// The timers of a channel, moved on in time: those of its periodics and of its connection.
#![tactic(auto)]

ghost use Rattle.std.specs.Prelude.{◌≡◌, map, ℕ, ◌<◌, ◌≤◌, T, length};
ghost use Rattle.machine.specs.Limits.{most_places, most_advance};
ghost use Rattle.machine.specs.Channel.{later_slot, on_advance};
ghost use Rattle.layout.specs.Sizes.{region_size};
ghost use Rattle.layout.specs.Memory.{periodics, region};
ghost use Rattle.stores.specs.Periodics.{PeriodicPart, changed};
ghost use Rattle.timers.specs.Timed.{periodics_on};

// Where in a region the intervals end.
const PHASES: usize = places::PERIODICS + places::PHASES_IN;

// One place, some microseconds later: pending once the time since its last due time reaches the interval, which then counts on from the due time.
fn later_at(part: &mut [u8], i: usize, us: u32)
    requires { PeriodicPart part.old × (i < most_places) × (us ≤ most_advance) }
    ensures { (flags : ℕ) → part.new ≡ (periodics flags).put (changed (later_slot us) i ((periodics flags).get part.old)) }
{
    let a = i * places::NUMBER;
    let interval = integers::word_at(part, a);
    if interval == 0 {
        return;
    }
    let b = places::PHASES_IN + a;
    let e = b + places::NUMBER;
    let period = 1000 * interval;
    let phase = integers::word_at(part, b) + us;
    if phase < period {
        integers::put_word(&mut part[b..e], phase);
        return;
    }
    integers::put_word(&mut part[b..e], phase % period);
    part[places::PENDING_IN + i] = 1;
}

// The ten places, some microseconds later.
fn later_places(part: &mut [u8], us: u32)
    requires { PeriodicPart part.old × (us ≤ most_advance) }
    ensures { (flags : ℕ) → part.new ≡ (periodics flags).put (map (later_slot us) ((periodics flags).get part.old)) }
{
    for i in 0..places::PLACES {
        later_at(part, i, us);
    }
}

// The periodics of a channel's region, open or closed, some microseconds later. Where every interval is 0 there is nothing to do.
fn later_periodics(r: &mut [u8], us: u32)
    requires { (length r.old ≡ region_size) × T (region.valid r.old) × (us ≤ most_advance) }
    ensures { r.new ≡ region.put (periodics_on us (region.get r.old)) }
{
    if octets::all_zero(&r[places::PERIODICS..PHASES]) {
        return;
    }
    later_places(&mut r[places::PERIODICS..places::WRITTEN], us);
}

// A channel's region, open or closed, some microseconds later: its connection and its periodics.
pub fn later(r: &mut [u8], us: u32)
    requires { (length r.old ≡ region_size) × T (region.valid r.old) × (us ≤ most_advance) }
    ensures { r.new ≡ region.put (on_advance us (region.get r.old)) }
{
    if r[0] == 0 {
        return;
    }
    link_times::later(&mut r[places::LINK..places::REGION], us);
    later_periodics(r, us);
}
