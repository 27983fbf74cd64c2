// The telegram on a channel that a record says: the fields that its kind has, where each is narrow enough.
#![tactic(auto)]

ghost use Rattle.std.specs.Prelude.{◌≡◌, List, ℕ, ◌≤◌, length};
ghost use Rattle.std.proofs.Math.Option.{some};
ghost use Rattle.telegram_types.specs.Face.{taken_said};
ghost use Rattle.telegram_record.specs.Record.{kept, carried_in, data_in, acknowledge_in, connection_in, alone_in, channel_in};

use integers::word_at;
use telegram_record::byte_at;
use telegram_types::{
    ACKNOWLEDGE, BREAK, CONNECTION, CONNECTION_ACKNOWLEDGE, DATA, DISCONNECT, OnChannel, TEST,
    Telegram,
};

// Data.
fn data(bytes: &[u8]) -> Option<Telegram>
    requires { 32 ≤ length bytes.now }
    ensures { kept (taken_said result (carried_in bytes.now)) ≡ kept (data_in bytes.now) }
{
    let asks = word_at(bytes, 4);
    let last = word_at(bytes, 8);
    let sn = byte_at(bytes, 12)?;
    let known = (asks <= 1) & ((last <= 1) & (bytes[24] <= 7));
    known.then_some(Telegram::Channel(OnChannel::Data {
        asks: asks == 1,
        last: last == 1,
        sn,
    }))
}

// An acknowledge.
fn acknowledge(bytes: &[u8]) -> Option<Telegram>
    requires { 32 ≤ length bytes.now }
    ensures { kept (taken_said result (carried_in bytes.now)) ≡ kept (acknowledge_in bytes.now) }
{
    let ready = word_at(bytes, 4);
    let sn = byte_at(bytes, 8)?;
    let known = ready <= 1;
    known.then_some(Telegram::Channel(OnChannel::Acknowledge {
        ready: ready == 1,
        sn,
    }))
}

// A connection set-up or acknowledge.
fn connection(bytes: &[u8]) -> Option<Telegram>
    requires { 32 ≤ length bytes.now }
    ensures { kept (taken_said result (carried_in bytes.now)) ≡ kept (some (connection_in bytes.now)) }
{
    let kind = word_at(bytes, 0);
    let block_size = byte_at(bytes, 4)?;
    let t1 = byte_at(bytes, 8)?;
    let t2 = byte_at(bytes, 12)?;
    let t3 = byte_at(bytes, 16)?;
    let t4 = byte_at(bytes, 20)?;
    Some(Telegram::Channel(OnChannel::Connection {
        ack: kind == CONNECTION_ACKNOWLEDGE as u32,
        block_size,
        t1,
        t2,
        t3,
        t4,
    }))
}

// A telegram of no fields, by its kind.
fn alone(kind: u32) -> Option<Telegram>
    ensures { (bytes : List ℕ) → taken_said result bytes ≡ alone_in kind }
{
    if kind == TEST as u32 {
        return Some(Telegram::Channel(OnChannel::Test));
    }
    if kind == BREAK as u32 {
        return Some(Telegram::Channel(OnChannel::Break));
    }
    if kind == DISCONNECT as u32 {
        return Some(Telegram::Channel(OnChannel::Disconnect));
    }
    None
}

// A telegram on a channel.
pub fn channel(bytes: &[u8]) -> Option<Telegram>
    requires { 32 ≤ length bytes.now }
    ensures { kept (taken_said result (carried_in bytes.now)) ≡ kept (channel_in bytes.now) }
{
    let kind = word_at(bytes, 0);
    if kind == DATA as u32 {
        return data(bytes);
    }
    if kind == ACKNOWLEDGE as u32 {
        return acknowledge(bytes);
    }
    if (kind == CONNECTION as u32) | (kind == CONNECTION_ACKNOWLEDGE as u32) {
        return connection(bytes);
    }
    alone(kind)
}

────────────────

Each entry above should be restated exactly as supplied.

// The timers of a channel, moved on in time: those of its periodics and of its connection.
#![tactic(auto)]

ghost use Rattle.std.specs.Prelude.{◌≡◌, map, ℕ, ◌<◌, ◌≤◌, T, length};
ghost use Rattle.machine.specs.Limits.{most_places, most_advance};
ghost use Rattle.machine.specs.Channel.{later_slot, on_advance};
ghost use Rattle.layout.specs.Sizes.{region_size};
ghost use Rattle.layout.specs.Memory.{periodics, region};
ghost use Rattle.stores.specs.Periodics.{PeriodicPart, changed};
ghost use Rattle.timers.specs.Timed.{periodics_on};

// Where in a region the intervals end.
const PHASES: usize = places::PERIODICS + places::PHASES_IN;

// One place, some microseconds later: pending once the time since its last due time reaches the interval, which then counts on from the due time.
fn later_at(part: &mut [u8], i: usize, us: u32)
    requires { PeriodicPart part.old × (i < most_places) × (us ≤ most_advance) }
    ensures { (flags : ℕ) → part.new ≡ (periodics flags).put (changed (later_slot us) i ((periodics flags).get part.old)) }
{
    let a = i * places::NUMBER;
    let interval = integers::word_at(part, a);
    if interval == 0 {
        return;
    }
    let b = places::PHASES_IN + a;
    let e = b + places::NUMBER;
    let period = 1000 * interval;
    let phase = integers::word_at(part, b) + us;
    if phase < period {
        integers::put_word(&mut part[b..e], phase);
        return;
    }
    integers::put_word(&mut part[b..e], phase % period);
    part[places::PENDING_IN + i] = 1;
}

// The ten places, some microseconds later.
fn later_places(part: &mut [u8], us: u32)
    requires { PeriodicPart part.old × (us ≤ most_advance) }
    ensures { (flags : ℕ) → part.new ≡ (periodics flags).put (map (later_slot us) ((periodics flags).get part.old)) }
{
    for i in 0..places::PLACES {
        later_at(part, i, us);
    }
}

// The periodics of a channel's region, open or closed, some microseconds later. Where every interval is 0 there is nothing to do.
fn later_periodics(r: &mut [u8], us: u32)
    requires { (length r.old ≡ region_size) × T (region.valid r.old) × (us ≤ most_advance) }
    ensures { r.new ≡ region.put (periodics_on us (region.get r.old)) }
{
    if octets::all_zero(&r[places::PERIODICS..PHASES]) {
        return;
    }
    later_places(&mut r[places::PERIODICS..places::WRITTEN], us);
}

// A channel's region, open or closed, some microseconds later: its connection and its periodics.
pub fn later(r: &mut [u8], us: u32)
    requires { (length r.old ≡ region_size) × T (region.valid r.old) × (us ≤ most_advance) }
    ensures { r.new ≡ region.put (on_advance us (region.get r.old)) }
{
    if r[0] == 0 {
        return;
    }
    link_times::later(&mut r[places::LINK..places::REGION], us);
    later_periodics(r, us);
}
repository 27983fbf74cd64c2
// The telegram on a channel that a record says: the fields that its kind has, where each is narrow enough.
#![tactic(auto)]

ghost use Rattle.std.specs.Prelude.{◌≡◌, List, ℕ, ◌≤◌, length};
ghost use Rattle.std.proofs.Math.Option.{some};
ghost use Rattle.telegram_types.specs.Face.{taken_said};
ghost use Rattle.telegram_record.specs.Record.{kept, carried_in, data_in, acknowledge_in, connection_in, alone_in, channel_in};

use integers::word_at;
use telegram_record::byte_at;
use telegram_types::{
    ACKNOWLEDGE, BREAK, CONNECTION, CONNECTION_ACKNOWLEDGE, DATA, DISCONNECT, OnChannel, TEST,
    Telegram,
};

// Data.
fn data(bytes: &[u8]) -> Option<Telegram>
    requires { 32 ≤ length bytes.now }
    ensures { kept (taken_said result (carried_in bytes.now)) ≡ kept (data_in bytes.now) }
{
    let asks = word_at(bytes, 4);
    let last = word_at(bytes, 8);
    let sn = byte_at(bytes, 12)?;
    let known = (asks <= 1) & ((last <= 1) & (bytes[24] <= 7));
    known.then_some(Telegram::Channel(OnChannel::Data {
        asks: asks == 1,
        last: last == 1,
        sn,
    }))
}

// An acknowledge.
fn acknowledge(bytes: &[u8]) -> Option<Telegram>
    requires { 32 ≤ length bytes.now }
    ensures { kept (taken_said result (carried_in bytes.now)) ≡ kept (acknowledge_in bytes.now) }
{
    let ready = word_at(bytes, 4);
    let sn = byte_at(bytes, 8)?;
    let known = ready <= 1;
    known.then_some(Telegram::Channel(OnChannel::Acknowledge {
        ready: ready == 1,
        sn,
    }))
}

// A connection set-up or acknowledge.
fn connection(bytes: &[u8]) -> Option<Telegram>
    requires { 32 ≤ length bytes.now }
    ensures { kept (taken_said result (carried_in bytes.now)) ≡ kept (some (connection_in bytes.now)) }
{
    let kind = word_at(bytes, 0);
    let block_size = byte_at(bytes, 4)?;
    let t1 = byte_at(bytes, 8)?;
    let t2 = byte_at(bytes, 12)?;
    let t3 = byte_at(bytes, 16)?;
    let t4 = byte_at(bytes, 20)?;
    Some(Telegram::Channel(OnChannel::Connection {
        ack: kind == CONNECTION_ACKNOWLEDGE as u32,
        block_size,
        t1,
        t2,
        t3,
        t4,
    }))
}

// A telegram of no fields, by its kind.
fn alone(kind: u32) -> Option<Telegram>
    ensures { (bytes : List ℕ) → taken_said result bytes ≡ alone_in kind }
{
    if kind == TEST as u32 {
        return Some(Telegram::Channel(OnChannel::Test));
    }
    if kind == BREAK as u32 {
        return Some(Telegram::Channel(OnChannel::Break));
    }
    if kind == DISCONNECT as u32 {
        return Some(Telegram::Channel(OnChannel::Disconnect));
    }
    None
}

// A telegram on a channel.
pub fn channel(bytes: &[u8]) -> Option<Telegram>
    requires { 32 ≤ length bytes.now }
    ensures { kept (taken_said result (carried_in bytes.now)) ≡ kept (channel_in bytes.now) }
{
    let kind = word_at(bytes, 0);
    if kind == DATA as u32 {
        return data(bytes);
    }
    if kind == ACKNOWLEDGE as u32 {
        return acknowledge(bytes);
    }
    if (kind == CONNECTION as u32) | (kind == CONNECTION_ACKNOWLEDGE as u32) {
        return connection(bytes);
    }
    alone(kind)
}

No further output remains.